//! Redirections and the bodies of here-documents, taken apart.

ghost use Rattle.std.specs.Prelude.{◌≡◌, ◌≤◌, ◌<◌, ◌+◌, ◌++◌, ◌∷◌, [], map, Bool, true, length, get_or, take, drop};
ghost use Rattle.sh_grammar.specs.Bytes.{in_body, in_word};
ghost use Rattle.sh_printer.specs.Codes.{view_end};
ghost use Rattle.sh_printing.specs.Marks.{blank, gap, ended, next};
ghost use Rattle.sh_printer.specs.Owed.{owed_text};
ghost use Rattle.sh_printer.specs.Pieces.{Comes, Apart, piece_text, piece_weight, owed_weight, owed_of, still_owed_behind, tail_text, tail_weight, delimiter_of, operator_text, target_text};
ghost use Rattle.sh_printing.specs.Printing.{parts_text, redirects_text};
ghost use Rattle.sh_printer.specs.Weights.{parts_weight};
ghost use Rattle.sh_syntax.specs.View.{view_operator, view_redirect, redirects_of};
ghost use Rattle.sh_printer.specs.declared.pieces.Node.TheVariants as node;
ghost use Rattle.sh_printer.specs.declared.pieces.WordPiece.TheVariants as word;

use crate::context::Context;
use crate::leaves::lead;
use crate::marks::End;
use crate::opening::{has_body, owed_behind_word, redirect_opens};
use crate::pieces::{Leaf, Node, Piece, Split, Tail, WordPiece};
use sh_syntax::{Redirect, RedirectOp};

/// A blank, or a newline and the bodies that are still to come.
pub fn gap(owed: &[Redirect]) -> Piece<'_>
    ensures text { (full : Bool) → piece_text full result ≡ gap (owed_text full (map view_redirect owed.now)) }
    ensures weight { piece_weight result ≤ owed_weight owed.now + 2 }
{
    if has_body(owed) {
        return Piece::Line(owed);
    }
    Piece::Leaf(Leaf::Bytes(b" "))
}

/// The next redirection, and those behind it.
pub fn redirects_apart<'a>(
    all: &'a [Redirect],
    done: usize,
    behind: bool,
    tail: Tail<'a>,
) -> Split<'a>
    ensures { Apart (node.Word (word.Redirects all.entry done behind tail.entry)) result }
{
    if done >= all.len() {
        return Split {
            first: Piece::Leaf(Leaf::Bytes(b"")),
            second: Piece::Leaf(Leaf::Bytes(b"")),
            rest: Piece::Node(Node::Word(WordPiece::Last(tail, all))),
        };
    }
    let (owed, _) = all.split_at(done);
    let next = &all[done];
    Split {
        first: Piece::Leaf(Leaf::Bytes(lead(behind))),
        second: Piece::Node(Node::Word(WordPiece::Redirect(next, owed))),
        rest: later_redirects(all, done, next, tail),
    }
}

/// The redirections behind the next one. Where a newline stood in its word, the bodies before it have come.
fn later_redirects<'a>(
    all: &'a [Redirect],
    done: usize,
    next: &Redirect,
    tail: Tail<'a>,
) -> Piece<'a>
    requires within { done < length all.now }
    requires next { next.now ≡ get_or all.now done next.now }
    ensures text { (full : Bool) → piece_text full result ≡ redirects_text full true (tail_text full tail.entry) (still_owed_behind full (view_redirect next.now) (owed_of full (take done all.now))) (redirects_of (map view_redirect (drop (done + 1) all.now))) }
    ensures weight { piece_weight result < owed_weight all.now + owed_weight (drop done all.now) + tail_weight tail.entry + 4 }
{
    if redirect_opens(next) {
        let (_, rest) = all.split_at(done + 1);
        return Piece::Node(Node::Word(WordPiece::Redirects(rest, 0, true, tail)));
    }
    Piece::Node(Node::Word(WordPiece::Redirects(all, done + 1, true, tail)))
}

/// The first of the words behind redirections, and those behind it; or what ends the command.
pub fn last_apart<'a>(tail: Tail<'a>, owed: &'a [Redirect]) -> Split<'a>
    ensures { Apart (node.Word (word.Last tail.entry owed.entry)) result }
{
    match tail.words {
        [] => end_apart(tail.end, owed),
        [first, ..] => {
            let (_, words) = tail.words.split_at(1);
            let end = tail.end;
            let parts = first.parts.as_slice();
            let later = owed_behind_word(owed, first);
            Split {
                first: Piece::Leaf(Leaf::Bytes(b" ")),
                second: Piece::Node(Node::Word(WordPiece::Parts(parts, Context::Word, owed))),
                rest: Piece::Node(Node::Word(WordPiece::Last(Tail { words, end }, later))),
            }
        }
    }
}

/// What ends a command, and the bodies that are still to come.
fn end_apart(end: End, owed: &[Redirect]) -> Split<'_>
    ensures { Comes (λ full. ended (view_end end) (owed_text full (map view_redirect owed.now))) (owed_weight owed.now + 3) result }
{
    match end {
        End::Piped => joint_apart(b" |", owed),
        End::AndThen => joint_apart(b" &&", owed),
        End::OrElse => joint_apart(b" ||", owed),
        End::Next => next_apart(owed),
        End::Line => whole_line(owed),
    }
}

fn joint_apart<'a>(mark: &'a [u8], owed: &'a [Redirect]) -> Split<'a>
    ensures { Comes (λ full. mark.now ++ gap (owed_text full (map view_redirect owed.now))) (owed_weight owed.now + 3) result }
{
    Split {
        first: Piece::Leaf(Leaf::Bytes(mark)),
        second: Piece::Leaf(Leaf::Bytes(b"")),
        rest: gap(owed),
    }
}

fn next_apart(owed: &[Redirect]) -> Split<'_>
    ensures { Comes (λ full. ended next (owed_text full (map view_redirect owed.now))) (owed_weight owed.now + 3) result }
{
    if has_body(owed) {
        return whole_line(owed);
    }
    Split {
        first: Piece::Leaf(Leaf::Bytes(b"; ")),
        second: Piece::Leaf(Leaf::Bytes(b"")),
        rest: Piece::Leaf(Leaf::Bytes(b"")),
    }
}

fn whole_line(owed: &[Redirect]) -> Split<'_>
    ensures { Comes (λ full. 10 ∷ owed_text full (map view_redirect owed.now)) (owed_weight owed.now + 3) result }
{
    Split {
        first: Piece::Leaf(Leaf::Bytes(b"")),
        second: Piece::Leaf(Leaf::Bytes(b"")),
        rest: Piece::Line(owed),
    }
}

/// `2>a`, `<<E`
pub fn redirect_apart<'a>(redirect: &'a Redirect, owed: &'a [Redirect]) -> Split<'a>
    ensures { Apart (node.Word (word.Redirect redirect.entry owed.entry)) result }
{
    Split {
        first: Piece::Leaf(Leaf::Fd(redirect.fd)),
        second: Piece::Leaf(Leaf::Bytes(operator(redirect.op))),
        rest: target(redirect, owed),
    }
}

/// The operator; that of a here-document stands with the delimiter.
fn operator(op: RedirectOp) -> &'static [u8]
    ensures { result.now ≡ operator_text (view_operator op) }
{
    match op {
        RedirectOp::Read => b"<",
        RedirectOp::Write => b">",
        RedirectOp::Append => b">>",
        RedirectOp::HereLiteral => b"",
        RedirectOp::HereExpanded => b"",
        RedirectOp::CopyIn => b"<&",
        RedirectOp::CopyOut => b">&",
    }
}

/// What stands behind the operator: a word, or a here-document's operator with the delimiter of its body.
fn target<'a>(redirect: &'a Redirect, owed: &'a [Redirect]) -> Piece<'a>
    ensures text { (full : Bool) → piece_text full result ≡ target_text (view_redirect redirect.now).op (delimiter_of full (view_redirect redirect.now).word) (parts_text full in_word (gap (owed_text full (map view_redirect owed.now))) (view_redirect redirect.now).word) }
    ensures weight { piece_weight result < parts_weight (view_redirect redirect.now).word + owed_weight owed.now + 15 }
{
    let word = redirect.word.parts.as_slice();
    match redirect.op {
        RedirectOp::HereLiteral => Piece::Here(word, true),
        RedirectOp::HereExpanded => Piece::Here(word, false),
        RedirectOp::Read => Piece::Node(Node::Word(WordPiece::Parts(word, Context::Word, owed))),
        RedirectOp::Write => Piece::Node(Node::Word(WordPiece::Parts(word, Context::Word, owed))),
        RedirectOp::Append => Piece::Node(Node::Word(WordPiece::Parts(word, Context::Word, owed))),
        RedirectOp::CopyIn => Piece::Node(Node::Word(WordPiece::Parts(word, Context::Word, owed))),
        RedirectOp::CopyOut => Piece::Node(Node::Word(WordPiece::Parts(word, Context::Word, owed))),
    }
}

▬▬▬▬▬▬▬▬▬▬

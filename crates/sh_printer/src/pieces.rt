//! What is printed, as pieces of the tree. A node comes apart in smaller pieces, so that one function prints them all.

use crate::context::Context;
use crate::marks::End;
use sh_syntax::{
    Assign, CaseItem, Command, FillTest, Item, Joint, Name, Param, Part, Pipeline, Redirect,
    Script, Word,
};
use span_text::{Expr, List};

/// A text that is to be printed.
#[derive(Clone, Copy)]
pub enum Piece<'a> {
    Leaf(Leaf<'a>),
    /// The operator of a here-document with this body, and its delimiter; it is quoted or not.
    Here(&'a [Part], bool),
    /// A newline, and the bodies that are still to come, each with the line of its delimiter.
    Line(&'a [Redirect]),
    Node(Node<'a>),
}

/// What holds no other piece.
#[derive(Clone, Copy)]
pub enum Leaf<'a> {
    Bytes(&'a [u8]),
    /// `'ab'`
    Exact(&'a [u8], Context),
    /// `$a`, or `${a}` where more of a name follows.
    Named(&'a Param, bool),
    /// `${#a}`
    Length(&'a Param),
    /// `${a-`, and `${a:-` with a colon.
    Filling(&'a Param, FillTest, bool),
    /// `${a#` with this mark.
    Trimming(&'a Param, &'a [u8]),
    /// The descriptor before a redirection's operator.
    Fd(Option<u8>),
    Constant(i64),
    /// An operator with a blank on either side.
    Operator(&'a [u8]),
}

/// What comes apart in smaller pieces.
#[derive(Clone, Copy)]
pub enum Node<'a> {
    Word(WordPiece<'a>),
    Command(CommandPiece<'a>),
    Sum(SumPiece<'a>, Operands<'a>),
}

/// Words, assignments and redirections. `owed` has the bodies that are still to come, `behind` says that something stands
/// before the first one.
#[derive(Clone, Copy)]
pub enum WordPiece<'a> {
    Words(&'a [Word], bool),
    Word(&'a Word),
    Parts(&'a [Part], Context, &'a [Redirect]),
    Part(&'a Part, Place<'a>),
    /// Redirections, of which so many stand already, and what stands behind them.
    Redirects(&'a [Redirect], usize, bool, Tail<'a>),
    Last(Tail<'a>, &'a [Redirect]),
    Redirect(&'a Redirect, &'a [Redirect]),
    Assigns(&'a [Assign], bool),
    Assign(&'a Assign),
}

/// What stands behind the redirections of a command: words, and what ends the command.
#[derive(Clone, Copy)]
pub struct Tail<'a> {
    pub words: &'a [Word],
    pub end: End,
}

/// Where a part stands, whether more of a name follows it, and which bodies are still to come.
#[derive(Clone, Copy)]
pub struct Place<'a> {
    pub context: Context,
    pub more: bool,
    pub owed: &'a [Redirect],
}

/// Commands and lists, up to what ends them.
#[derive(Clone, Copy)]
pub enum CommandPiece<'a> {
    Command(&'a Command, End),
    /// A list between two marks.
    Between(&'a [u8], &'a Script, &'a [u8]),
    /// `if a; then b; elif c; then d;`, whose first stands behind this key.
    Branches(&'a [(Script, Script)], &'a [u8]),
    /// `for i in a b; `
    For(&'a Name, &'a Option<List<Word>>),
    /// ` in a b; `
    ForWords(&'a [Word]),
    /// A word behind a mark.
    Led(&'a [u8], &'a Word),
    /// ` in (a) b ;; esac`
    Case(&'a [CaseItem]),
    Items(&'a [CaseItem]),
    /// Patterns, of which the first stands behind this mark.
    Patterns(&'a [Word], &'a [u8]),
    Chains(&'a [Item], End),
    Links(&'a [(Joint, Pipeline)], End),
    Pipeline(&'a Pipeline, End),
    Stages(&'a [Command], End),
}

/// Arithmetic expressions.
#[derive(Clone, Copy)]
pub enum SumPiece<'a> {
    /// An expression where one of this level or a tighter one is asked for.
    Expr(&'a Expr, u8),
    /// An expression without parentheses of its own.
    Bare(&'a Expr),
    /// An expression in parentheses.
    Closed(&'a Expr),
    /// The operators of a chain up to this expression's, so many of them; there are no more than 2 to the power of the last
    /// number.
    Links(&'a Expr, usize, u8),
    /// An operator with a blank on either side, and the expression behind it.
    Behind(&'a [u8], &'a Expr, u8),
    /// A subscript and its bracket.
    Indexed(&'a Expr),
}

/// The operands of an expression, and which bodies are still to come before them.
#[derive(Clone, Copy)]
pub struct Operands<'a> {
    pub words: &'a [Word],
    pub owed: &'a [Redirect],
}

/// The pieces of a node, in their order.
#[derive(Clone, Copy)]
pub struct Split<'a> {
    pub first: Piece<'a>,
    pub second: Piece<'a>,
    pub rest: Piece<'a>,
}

▬▬▬▬▬▬▬▬▬▬

* [TASK DESCRIPTION]:
The answer must consist of every line from the entries above that contains "declared".

* [RESULT OF THE EXERCISE]:
ghost use Rattle.sh_printer.specs.declared.pieces.Node.TheVariants as node;
ghost use Rattle.sh_printer.specs.declared.pieces.WordPiece.TheVariants as word;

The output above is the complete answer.